Celles-ci représentaient en 2012 la bagatelle de 69 milliards d'euros.
Il faut donc créer de façon urgente les conditions
d'un « choc énergétique ».
Le pays
s'est lancé fin 2012 dans un débat sur la transition énergétique, dont on peut
regretter qu'il soit peu audible :
organisation confuse, absence de pédagogie, débats territoriaux peu
convaincants. C'est dans ces conditions que se poursuit l'asphyxie de la
filière photovoltaïque, qui a de graves conséquences sur l'emploi. Les «
mesures d'urgence » n'empêchent pas la disparition d'une à trois PME chaque
semaine, dans l'indifférence générale. Ce constat est confirmé au plus haut
sommet de l'Etat : « moins 15.000 emplois en deux ans », a reconnu François Hollande lors de
la conférence environnementale le 14 septembre dernier. Pis, l'organisation du
marché, de plus en plus étouffante, inquiète les quelques PME qui surnagent et
désespèrent d'être entendues.

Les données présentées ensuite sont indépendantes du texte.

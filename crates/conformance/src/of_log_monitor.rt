use aspect_player::{Aspect, Player, write_rows};
use junction_files::read;
use junction_model::Junction;
use log_monitor::{
    LogFault, LogVerdict, Monitor, Violation, judge, log_fault_text, log_laws, log_verdict_text,
    monitor_laws,
};
use samples::plans::fitted;
use samples::{EARLY_START, RING};
use sig_base::MemorySink;
use std::alloc::Global;
use std::test::Fail;

const R: Aspect = Aspect::Red;

const G: Aspect = Aspect::Green;

const A: Aspect = Aspect::Amber;

/// Logs of the ring of three groups A, B and C, with minimum greens of 10 seconds and ambers of 2,
/// and the line of each; from A to B 3 seconds have to lie, from B to A 8.
const RING_LOGS: [(&str, &str); 14] = [
    ("second,A,B,C\n", "safe 0\n"),
    // B is green 2 seconds after A, with an intergreen of 3.
    (
        "second,A,B,C\n0,green,red,red\n1,amber,red,red\n2,amber,green,red\n",
        "violation clearance A B seconds 0 2\n",
    ),
    // And 3 seconds after it; a fourth second is enough.
    (
        "second,A,B,C\n7,green,red,red\n8,amber,red,red\n9,amber,red,red\n10,red,green,red\n",
        "violation clearance A B seconds 7 10\n",
    ),
    (
        "second,A,B,C
7,green,red,red
8,amber,red,red
9,amber,red,red
10,red,red,red
11,red,green,red
",
        "safe 5\n",
    ),
    (
        "second,A,B,C\n0,green,red,red\n1,red,red,red\n",
        "violation amber A second 1\n",
    ),
    // Green again inside its own amber.
    (
        "second,A,B,C\n0,green,red,red\n1,amber,red,red\n2,green,red,red\n",
        "violation amber A second 2\n",
    ),
    (
        "second,A,B,C\n5,red,red,red\n6,green,red,red\n7,amber,red,red\n",
        "violation minimum A second 7\n",
    ),
    // A green that the log begins with, or ends with, may be cut.
    (
        "second,A,B,C\n7,green,red,red\n8,amber,red,red\n9,amber,red,red\n10,green,red,red\n",
        "safe 4\n",
    ),
    // Two greens at once: the pair of the lower first group comes first.
    (
        "second,A,B,C\n4294967295,green,green,red\n",
        "violation clearance A B seconds 4294967295 4294967295\n",
    ),
    // A clearance comes before an amber of the same second, and an amber before a minimum green.
    (
        "second,A,B,C\n0,green,red,red\n1,red,green,red\n",
        "violation clearance A B seconds 0 1\n",
    ),
    (
        "second,A,B,C\n0,red,red,red\n1,green,red,red\n2,red,red,red\n",
        "violation amber A second 2\n",
    ),
    // A later violation isn't told.
    (
        "second,A,B,C\n0,green,red,red\n1,red,red,red\n2,green,green,green\n",
        "violation amber A second 1\n",
    ),
    // A byte order mark, quotes, lines that end with CR LF, and a blank line.
    (
        "\u{feff}second,\"A\",B,C\r\n\r\n4294967295,red,red,red\r\n4294967296,red,\"red\",red",
        "safe 2\n",
    ),
    // CR alone ends a line too.
    ("second,A,B,C\r0,red,red,red\r", "safe 1\n"),
];

/// Bytes that are no log of the ring.
const NO_LOGS: [(&str, &str); 26] = [
    ("", "bad log 1 header\n"),
    ("\u{feff}", "bad log 1 header\n"),
    ("\r\n\n", "bad log 1 header\n"),
    ("second,A,B\n", "bad log 1 header\n"),
    ("second,A,B,C,\n", "bad log 1 header\n"),
    ("second,A,C,B\n0,red,red,red\n", "bad log 1 header\n"),
    ("Second,A,B,C\n0,red,red,red\n", "bad log 1 header\n"),
    ("0,red,red,red\n", "bad log 1 header\n"),
    // Cut off, at the second record and at the first.
    (
        "second,A,B,C\n0,red,red,red\n1,red,red\n",
        "bad log 2 record record 2\n",
    ),
    ("second,A,B,C\n0,red,re", "bad log 2 record record 1\n"),
    (
        "second,A,B,C\n0,red,red,red,red\n",
        "bad log 2 record record 1\n",
    ),
    // The number of fields comes before the second.
    ("second,A,B,C\n00,blue\n", "bad log 2 record record 1\n"),
    (
        "second,A,B,C\n00,red,red,red\n",
        "bad log 3 second record 1\n",
    ),
    (
        "second,A,B,C\n+1,red,red,red\n",
        "bad log 3 second record 1\n",
    ),
    (
        "second,A,B,C\n 1,red,red,red\n",
        "bad log 3 second record 1\n",
    ),
    (
        "second,A,B,C\n4294967296,red,red,red\n",
        "bad log 3 second record 1\n",
    ),
    // A second left out, one that stands still, and one that falls.
    (
        "second,A,B,C\n3,red,red,red\n5,red,red,red\n",
        "bad log 3 second record 2\n",
    ),
    (
        "second,A,B,C\n3,red,red,red\n3,red,red,red\n",
        "bad log 3 second record 2\n",
    ),
    (
        "second,A,B,C\n3,red,red,red\n4,red,red,red\n3,red,red,red\n",
        "bad log 3 second record 3\n",
    ),
    // The second comes before the aspects, and the first record that is none before all later ones.
    (
        "second,A,B,C\n,blue,red,red\n1,red\n",
        "bad log 3 second record 1\n",
    ),
    (
        "second,A,B,C\n0,blue,red,red\n",
        "bad log 4 aspect record 1\n",
    ),
    (
        "second,A,B,C\n0,red,red,RED\n",
        "bad log 4 aspect record 1\n",
    ),
    ("second,A,B,C\n0,red,red,r", "bad log 4 aspect record 1\n"),
    (
        "second,A,B,C\n0,red, red,red\n",
        "bad log 4 aspect record 1\n",
    ),
    // A quoted field may have a line feed, and is no word with it.
    (
        "second,A,B,C\n0,\"red\n\",red,red\n",
        "bad log 4 aspect record 1\n",
    ),
    // A fault comes before a violation.
    (
        "second,A,B,C\n0,green,green,red\n1,,,\n",
        "bad log 4 aspect record 2\n",
    ),
];

/// Logs of a junction with a link: C starts 10 seconds after A, and A is green for at most 20
/// seconds. A log is judged by clearance, amber and minimum green alone. B and C conflict, at 5
/// seconds.
const LINKED_LOGS: [(&str, &str); 4] = [
    // C starts before A, and they may be green together.
    (
        "second,A,B,C\n0,red,red,green\n1,green,red,green\n",
        "safe 2\n",
    ),
    (
        "second,A,B,C
0,red,green,red
1,red,amber,red
2,red,amber,red
3,red,amber,red
4,red,red,red
5,red,red,green
",
        "violation clearance B C seconds 0 5\n",
    ),
    (
        "second,A,B,C
0,red,green,red
1,red,amber,red
2,red,amber,red
3,red,amber,red
4,red,red,red
5,red,red,red
6,red,red,green
",
        "safe 7\n",
    ),
    // A green of 21 seconds, with a row before it and after it.
    (
        "second,A,B,C
0,red,red,red
1,green,red,red
2,green,red,red
3,green,red,red
4,green,red,red
5,green,red,red
6,green,red,red
7,green,red,red
8,green,red,red
9,green,red,red
10,green,red,red
11,green,red,red
12,green,red,red
13,green,red,red
14,green,red,red
15,green,red,red
16,green,red,red
17,green,red,red
18,green,red,red
19,green,red,red
20,green,red,red
21,green,red,red
22,amber,red,red
",
        "safe 23\n",
    ),
];

/// The line of a log.
fn line_of(alloc: Global, junction: &Junction, log: &[u8]) -> Result<Vec<u8>, Fail> {
    log_laws();
    if log.len() > 67108864 {
        return Err(Fail::new("a log that is too long"));
    }
    match judge(alloc, junction, log) {
        Ok(verdict) => Ok(log_verdict_text(alloc, junction, &verdict)?),
        Err(LogFault::Memory) => Err(Fail::new("no memory")),
        Err(fault) => Ok(log_fault_text(alloc, fault)?),
    }
}

#[test]
fn lines_of_logs(rt: HostRuntime) -> Result<(), Fail> {
    monitor_laws();
    let alloc = rt.alloc();
    let tables: [(&str, &[(&str, &str)]); 3] = [
        (RING, &RING_LOGS),
        (RING, &NO_LOGS),
        (EARLY_START, &LINKED_LOGS),
    ];
    for (file, logs) in tables {
        let junction = read(alloc, file.as_bytes())?;
        for (log, want) in logs {
            let line = line_of(alloc, &junction, log.as_bytes())?;
            assert_eq!(rt; line.as_slice(), want.as_bytes(), "{}", log);
        }
    }
    Ok(())
}

/// Bytes that are no text, in the second and in a word.
#[test]
fn bytes_that_are_no_text(rt: HostRuntime) -> Result<(), Fail> {
    let alloc = rt.alloc();
    let junction = read(alloc, RING.as_bytes())?;
    let second = judge(alloc, &junction, b"second,A,B,C\n\xff,red,red,red\n");
    assert_eq!(rt; second, Err(LogFault::Second(1)));
    let word = judge(alloc, &junction, b"second,A,B,C\n0,red,\xff,red\n");
    assert_eq!(rt; word, Err(LogFault::Aspect(1)));
    Ok(())
}

#[test]
fn fault_words(rt: HostRuntime) {
    let rows: [(LogFault, u32, &str); 5] = [
        (LogFault::Header, 1, "header"),
        (LogFault::Record(7), 2, "record"),
        (LogFault::Second(7), 3, "second"),
        (LogFault::Aspect(7), 4, "aspect"),
        (LogFault::Memory, 0, "memory"),
    ];
    for (fault, number, word) in rows {
        assert_eq!(rt; fault.number(), number);
        assert_eq!(rt; fault.word(), word);
    }
}

/// The text of 40 rows of a plan that fits.
#[test]
fn what_is_played(rt: HostRuntime) -> Result<(), Fail> {
    let alloc = rt.alloc();
    let junction = read(alloc, RING.as_bytes())?;
    let plan = fitted(&junction, 39, &[0, 13, 26], &[10, 10, 10])?;
    let mut sink = MemorySink::new(alloc);
    let mut player = Player::new(&plan);
    assert_eq!(rt; write_rows(alloc, &mut player, 40, &mut sink), Ok(()));
    assert!(rt; sink.bytes().len() <= 10000);
    assert_eq!(rt;
        judge(alloc, &junction, sink.bytes()),
        Ok(LogVerdict::Safe(40))
    );
    Ok(())
}

/// After a violation a monitor is as before.
#[test]
fn rows_seen(rt: HostRuntime) -> Result<(), Fail> {
    let junction = read(rt.alloc(), RING.as_bytes())?;
    junction.rules();
    assert_eq!(rt; junction.groups().len(), 3);
    let mut monitor = Monitor::new(&junction);
    assert_eq!(rt; monitor.see(&[G, R, R]), None);
    assert_eq!(rt; monitor.see(&[R, R, R]), Some(Violation::Amber(0, 1)));
    assert_eq!(rt; monitor.see(&[A, R, R]), None);
    assert_eq!(rt;
        monitor.see(&[A, G, R]),
        Some(Violation::Clearance(0, 1, 0, 2))
    );
    assert_eq!(rt; monitor.see(&[A, R, R]), None);
    Ok(())
}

L'objectif récemment revu mais étriqué d'environ
900 MW/an interdit toute ambition industrielle nationale, pendant que des
dispositifs réglementaires font vaciller les efforts et les financements. De
plus, le maintien d'une procédure d'appels d'offres inefficace et de plus en
plus discriminatoire décourage le plus têtu des entrepreneurs, étranglé et
dissuadé par la politique tarifaire.
Bien
sûr, l'objectif peut sembler louable : limiter le dumping chinois. Mais on se trompe de cible. Le but doit être de produire
massivement des kW/h « verts » sur le territoire national, garants d'une plus
grande indépendance, car il s'agit ici d'un des principaux enjeux de la
transition énergétique.
Que
pèsent en effet 200 à 300 millions d'euros de modules chinois importés face aux
69 milliards du déficit énergétique du pays ? L'immense majorité des emplois de
la filière proviennent d'abord de l'ingénierie des projets, de la fabrication
des composants, de la construction, des logiciels, de la maintenance, tous non
délocalisables et à haute valeur ajoutée. Et puis, s'insurge-t-on que les
éoliennes d'Areva ou d'Alstom soient fabriquées
respectivement en Allemagne et en Espagne. S'émeut-on que les cuves des
réacteurs nucléaires EPR actuellement en construction soient fabriquées au
Japon ?
Les
objectifs 2020 sur lesquels la France s'est engagée vis-à-vis de l'Europe sont
pourtant déjà hors de portée. On ne doit donc pas attendre 2014-2015 pour voir
s'appliquer les premières mesures du débat sur la transition énergétique. Si,
pour le solaire par exemple, le moratoire de décembre 2010 a généré, par un
simple arrêté, la perte de 15.000 postes, un nouvel arrêté pourrait en recréer
au moins 10.000 dans l'année. Au nom de quoi s'en priver, alors que la lutte contre
le chômage est considérée par 80 % des Français comme la « priorité des
priorités ».
Il est
temps de prendre rapidement de telles mesures et de fixer un objectif ambitieux
et crédible de production d'énergie solaire (au moins 25.000 MW). Avec de la
volonté et du courage, un choc énergétique est à portée de main. »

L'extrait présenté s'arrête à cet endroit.